§ **Exercise**: Below are the records; copy exactly the stretch from the line containing "that ends this" through the line containing "pub fn log<M: LawfulMem>(lane: &mut", both ends included, and nothing else.

Records from a dataset:
= = = = = = =

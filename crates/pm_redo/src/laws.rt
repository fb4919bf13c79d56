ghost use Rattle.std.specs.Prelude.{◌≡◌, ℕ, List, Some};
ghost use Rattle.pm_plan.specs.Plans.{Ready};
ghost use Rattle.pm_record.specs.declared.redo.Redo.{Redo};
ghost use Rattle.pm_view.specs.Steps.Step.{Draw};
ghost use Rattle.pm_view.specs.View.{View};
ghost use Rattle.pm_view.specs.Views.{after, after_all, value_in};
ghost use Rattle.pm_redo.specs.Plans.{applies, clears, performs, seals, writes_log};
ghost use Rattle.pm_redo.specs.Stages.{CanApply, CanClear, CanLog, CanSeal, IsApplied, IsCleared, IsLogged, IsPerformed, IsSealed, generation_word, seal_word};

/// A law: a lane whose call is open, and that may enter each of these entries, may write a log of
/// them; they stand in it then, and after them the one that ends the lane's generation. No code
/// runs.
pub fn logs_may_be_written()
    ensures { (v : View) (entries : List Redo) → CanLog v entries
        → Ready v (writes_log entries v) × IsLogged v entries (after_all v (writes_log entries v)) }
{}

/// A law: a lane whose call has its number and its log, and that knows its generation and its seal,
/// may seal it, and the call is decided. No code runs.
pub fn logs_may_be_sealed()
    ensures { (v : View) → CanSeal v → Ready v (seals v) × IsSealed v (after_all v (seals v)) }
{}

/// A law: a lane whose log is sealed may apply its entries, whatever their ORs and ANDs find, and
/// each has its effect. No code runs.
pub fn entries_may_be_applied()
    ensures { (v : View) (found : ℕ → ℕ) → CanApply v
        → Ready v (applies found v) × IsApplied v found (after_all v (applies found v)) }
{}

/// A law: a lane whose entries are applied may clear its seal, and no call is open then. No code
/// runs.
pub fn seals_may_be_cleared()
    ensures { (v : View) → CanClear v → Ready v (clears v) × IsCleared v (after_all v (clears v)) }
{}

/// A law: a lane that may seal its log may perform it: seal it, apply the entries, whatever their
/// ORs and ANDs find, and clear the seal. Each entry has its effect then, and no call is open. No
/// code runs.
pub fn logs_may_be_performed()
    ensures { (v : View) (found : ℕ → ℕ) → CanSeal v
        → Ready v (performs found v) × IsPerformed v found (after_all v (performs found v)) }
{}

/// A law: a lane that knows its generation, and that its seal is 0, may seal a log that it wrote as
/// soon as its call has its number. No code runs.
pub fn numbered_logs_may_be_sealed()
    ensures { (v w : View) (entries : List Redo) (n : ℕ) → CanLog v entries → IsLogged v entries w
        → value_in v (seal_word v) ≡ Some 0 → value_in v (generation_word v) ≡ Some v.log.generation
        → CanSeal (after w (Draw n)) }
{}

= = = = = = =

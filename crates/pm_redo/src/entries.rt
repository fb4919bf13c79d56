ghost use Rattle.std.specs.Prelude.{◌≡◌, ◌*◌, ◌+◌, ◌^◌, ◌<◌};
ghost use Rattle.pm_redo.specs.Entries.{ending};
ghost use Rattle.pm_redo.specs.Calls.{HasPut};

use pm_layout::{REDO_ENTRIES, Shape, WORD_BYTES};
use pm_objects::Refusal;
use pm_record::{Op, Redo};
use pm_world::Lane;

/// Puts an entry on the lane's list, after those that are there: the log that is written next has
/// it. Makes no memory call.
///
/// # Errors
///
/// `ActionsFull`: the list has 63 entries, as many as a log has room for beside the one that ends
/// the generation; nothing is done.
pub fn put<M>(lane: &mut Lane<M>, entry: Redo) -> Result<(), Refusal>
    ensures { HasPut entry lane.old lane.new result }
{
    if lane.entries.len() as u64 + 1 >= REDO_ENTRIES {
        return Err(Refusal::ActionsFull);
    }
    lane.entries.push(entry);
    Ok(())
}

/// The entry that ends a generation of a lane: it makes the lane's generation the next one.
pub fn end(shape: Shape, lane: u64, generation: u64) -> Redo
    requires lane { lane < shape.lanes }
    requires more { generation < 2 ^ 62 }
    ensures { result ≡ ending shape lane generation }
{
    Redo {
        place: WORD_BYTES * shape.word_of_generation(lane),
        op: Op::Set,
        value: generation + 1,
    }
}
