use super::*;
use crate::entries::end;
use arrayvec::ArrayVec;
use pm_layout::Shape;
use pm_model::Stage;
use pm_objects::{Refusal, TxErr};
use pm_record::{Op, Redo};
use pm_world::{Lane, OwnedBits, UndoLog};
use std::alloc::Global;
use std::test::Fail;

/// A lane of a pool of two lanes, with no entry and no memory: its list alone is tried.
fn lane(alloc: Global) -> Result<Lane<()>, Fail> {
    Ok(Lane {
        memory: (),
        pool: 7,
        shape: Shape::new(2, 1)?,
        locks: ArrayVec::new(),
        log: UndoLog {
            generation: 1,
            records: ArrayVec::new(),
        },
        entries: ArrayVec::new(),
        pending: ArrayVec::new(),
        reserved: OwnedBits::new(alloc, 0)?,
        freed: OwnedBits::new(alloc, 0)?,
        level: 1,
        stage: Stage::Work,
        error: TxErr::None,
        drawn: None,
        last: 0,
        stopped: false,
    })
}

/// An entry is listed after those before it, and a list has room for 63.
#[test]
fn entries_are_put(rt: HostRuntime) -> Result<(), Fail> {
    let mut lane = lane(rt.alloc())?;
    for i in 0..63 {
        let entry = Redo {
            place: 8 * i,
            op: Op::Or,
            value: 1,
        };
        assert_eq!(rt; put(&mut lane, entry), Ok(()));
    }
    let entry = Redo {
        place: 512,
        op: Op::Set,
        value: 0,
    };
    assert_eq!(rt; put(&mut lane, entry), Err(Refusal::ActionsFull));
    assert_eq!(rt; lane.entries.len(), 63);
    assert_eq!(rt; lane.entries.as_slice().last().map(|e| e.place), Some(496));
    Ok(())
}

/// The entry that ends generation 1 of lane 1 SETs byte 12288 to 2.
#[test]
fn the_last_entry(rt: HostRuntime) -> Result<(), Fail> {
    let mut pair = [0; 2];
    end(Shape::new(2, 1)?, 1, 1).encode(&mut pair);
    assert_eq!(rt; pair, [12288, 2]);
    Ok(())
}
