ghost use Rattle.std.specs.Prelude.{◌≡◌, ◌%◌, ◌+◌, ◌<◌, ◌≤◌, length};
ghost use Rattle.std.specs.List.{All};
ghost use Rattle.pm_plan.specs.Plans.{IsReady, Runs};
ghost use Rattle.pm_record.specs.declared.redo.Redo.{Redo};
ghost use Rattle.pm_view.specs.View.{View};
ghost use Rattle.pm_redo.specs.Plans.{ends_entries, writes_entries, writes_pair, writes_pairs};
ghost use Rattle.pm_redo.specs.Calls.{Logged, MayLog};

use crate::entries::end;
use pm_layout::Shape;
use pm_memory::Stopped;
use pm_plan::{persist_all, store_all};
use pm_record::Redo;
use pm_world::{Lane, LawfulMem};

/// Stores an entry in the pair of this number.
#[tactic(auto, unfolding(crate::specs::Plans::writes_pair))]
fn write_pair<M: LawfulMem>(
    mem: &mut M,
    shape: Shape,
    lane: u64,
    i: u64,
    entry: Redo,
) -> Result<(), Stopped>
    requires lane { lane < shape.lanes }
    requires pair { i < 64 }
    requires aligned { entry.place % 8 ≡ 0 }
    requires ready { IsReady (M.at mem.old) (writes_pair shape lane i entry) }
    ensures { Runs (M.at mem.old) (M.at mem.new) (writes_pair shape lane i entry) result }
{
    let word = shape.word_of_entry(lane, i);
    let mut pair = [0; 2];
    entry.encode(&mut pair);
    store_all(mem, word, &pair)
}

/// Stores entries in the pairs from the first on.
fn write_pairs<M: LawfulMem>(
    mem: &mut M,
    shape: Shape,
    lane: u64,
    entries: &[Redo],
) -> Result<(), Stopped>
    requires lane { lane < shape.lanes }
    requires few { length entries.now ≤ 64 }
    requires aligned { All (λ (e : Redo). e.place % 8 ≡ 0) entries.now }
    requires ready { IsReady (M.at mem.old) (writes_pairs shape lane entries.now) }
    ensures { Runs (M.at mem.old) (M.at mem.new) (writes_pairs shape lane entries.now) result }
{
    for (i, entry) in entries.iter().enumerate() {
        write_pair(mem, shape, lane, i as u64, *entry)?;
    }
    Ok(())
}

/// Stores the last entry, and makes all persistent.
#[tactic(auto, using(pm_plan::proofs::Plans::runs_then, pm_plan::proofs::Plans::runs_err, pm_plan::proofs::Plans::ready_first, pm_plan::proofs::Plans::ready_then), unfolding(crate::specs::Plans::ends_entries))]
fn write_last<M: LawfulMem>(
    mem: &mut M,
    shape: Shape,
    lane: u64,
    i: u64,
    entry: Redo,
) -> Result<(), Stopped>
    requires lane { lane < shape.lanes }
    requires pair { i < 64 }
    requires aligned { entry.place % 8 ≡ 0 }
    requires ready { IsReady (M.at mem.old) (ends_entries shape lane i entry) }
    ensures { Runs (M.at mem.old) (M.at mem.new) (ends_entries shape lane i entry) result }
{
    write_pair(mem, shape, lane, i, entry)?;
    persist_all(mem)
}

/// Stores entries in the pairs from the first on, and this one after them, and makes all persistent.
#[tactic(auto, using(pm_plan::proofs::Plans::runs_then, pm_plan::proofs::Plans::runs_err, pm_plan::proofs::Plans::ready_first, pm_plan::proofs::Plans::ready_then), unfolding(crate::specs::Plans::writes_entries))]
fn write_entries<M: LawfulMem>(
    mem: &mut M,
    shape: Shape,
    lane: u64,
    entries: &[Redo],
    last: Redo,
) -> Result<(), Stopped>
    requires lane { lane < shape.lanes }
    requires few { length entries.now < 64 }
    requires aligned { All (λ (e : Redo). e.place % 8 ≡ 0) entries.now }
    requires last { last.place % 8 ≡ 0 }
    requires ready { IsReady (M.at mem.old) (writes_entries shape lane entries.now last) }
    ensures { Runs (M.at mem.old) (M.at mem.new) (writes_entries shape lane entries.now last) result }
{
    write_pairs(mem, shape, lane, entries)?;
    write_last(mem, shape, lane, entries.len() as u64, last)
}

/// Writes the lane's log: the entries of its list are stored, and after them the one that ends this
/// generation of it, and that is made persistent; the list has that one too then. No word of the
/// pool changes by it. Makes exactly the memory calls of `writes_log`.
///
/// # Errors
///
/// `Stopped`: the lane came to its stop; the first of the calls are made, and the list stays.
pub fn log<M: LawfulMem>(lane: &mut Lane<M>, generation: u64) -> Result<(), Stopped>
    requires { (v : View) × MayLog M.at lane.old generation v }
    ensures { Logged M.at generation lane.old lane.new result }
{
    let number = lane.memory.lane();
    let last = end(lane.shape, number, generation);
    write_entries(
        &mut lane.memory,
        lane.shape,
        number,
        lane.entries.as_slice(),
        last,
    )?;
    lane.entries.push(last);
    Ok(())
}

= = = = = = =

§ **Response to the task**:
/// Writes the lane's log: the entries of its list are stored, and after them the one that ends this
/// generation of it, and that is made persistent; the list has that one too then. No word of the
/// pool changes by it. Makes exactly the memory calls of `writes_log`.
///
/// # Errors
///
/// `Stopped`: the lane came to its stop; the first of the calls are made, and the list stays.
pub fn log<M: LawfulMem>(lane: &mut Lane<M>, generation: u64) -> Result<(), Stopped>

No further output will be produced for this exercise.